=== Begin Enclosure ===

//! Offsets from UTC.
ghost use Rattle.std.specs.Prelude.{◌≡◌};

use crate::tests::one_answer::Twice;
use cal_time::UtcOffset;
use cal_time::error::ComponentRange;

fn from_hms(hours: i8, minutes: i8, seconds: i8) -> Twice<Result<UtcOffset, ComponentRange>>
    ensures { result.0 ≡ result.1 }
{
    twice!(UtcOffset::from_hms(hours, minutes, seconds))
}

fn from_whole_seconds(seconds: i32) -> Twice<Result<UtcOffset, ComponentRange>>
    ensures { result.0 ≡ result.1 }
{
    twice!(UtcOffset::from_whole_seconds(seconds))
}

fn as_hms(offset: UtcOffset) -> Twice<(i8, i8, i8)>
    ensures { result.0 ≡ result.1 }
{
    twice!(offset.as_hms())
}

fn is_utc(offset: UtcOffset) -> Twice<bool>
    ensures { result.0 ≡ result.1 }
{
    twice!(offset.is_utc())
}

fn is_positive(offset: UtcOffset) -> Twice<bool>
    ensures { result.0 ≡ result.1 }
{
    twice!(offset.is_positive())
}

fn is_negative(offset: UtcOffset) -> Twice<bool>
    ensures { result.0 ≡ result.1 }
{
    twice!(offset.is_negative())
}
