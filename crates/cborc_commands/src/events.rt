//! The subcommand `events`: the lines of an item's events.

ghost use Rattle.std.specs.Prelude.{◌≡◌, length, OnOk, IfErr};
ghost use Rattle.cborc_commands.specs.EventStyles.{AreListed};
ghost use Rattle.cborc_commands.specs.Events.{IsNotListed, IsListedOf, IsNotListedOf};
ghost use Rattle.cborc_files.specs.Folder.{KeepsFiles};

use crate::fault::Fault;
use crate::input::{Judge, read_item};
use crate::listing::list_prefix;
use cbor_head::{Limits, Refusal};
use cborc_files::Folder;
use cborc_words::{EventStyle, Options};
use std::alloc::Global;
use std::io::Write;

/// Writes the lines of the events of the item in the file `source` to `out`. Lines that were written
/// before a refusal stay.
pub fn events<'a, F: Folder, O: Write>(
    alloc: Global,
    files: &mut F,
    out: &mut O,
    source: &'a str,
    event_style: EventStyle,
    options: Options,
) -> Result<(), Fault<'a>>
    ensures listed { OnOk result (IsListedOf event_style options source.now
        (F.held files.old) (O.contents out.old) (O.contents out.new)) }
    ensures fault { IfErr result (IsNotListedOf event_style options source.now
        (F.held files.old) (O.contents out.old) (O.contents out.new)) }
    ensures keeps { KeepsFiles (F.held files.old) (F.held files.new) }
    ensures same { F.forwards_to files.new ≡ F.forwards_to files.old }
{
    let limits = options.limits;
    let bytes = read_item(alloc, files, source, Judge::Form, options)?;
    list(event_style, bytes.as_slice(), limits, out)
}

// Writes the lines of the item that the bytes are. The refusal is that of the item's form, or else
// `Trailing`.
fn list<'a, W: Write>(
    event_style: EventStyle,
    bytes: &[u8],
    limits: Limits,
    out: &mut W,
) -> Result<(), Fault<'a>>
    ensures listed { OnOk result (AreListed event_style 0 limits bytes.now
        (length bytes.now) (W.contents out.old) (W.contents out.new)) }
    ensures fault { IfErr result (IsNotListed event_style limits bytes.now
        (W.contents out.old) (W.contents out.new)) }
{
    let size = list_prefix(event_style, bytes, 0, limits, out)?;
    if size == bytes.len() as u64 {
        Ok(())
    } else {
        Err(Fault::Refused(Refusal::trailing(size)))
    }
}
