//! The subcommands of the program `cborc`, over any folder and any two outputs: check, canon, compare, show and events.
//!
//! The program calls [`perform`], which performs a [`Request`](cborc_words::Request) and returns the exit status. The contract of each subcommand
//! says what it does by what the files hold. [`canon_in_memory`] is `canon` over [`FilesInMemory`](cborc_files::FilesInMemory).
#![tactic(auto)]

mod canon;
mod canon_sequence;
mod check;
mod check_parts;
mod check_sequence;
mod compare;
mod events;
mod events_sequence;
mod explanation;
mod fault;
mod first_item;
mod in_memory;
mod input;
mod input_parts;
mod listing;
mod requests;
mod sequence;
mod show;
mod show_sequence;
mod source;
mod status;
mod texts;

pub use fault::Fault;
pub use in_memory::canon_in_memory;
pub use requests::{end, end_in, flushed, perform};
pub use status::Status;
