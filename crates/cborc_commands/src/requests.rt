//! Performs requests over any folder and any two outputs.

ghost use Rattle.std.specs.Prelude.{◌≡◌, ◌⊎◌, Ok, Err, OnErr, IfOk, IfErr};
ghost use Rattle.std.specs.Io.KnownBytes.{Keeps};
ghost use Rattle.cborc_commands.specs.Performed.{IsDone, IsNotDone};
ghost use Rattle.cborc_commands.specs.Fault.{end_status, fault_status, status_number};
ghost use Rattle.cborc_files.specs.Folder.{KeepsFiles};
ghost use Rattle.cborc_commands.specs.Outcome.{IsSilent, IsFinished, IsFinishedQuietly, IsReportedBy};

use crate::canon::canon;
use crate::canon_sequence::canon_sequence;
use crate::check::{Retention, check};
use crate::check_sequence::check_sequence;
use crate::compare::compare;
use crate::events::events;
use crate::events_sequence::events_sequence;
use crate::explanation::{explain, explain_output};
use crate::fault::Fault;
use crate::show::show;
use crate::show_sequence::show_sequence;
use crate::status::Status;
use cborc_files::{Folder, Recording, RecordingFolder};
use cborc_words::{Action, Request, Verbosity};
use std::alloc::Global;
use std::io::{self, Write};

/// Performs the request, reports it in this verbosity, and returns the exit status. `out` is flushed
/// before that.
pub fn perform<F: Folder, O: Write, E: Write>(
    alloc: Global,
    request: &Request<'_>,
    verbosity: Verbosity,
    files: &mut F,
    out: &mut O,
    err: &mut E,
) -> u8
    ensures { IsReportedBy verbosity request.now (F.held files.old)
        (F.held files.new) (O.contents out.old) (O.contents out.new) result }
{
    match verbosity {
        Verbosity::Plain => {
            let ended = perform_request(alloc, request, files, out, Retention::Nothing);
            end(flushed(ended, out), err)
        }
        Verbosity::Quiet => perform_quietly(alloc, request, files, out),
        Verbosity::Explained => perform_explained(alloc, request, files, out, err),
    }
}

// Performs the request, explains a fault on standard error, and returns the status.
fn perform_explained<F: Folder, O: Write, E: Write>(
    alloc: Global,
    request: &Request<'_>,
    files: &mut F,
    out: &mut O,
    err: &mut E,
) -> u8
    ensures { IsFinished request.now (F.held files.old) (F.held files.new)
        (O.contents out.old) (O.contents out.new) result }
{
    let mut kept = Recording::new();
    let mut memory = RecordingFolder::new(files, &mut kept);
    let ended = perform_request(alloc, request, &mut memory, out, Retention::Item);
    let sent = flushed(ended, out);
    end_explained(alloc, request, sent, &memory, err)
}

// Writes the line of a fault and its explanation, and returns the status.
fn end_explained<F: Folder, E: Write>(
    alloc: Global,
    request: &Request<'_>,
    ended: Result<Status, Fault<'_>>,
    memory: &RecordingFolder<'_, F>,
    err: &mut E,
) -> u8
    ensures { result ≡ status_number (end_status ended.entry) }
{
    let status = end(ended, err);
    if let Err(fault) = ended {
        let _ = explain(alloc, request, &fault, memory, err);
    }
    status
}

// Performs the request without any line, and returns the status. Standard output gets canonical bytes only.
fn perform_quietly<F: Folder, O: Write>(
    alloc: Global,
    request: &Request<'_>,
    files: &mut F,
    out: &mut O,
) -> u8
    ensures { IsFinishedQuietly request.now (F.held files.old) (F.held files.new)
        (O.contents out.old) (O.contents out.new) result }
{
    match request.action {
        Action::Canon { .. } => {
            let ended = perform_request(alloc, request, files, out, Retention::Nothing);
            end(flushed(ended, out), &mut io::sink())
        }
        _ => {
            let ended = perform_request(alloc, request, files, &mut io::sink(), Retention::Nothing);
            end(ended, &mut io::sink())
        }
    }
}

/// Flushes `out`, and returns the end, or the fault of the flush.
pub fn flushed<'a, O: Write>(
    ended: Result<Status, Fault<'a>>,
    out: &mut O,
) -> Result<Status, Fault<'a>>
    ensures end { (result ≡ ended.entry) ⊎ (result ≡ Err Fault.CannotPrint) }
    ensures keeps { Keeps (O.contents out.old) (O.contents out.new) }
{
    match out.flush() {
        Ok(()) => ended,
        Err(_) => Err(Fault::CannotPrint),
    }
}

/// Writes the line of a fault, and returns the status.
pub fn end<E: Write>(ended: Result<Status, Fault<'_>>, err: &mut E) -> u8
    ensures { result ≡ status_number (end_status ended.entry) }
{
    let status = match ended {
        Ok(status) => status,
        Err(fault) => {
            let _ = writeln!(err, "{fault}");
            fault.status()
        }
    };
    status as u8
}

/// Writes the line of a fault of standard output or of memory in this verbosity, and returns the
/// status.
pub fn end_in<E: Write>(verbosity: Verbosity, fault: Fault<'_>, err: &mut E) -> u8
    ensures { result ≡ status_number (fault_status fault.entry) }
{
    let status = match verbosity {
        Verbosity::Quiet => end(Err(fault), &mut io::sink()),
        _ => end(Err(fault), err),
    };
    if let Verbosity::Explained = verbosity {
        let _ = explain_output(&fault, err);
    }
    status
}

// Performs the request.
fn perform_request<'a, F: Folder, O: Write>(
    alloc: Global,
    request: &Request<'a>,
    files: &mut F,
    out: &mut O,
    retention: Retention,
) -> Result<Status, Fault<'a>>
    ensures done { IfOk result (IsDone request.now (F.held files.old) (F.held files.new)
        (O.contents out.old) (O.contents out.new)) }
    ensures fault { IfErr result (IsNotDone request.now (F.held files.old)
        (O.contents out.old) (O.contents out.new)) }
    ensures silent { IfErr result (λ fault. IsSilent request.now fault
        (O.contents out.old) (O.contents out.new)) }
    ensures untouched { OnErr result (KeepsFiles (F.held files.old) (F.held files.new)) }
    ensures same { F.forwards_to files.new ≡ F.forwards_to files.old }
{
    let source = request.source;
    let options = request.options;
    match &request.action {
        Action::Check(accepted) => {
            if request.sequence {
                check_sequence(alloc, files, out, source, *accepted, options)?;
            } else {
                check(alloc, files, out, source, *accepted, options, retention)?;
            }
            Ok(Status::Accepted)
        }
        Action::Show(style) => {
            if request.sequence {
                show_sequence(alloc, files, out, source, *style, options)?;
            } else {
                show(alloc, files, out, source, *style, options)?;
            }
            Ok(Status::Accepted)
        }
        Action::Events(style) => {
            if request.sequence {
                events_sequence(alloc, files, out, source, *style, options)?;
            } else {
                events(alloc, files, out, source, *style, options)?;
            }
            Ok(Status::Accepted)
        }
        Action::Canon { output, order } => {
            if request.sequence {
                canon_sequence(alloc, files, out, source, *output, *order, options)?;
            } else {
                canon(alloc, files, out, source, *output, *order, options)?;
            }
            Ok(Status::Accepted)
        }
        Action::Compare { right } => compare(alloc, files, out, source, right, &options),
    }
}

=== End Enclosure ===

| Your assignment |
Could you copy out every line in the material above that contains the string "sent"?

| Expected answer |
    let sent = flushed(ended, out);
    end_explained(alloc, request, sent, &memory, err)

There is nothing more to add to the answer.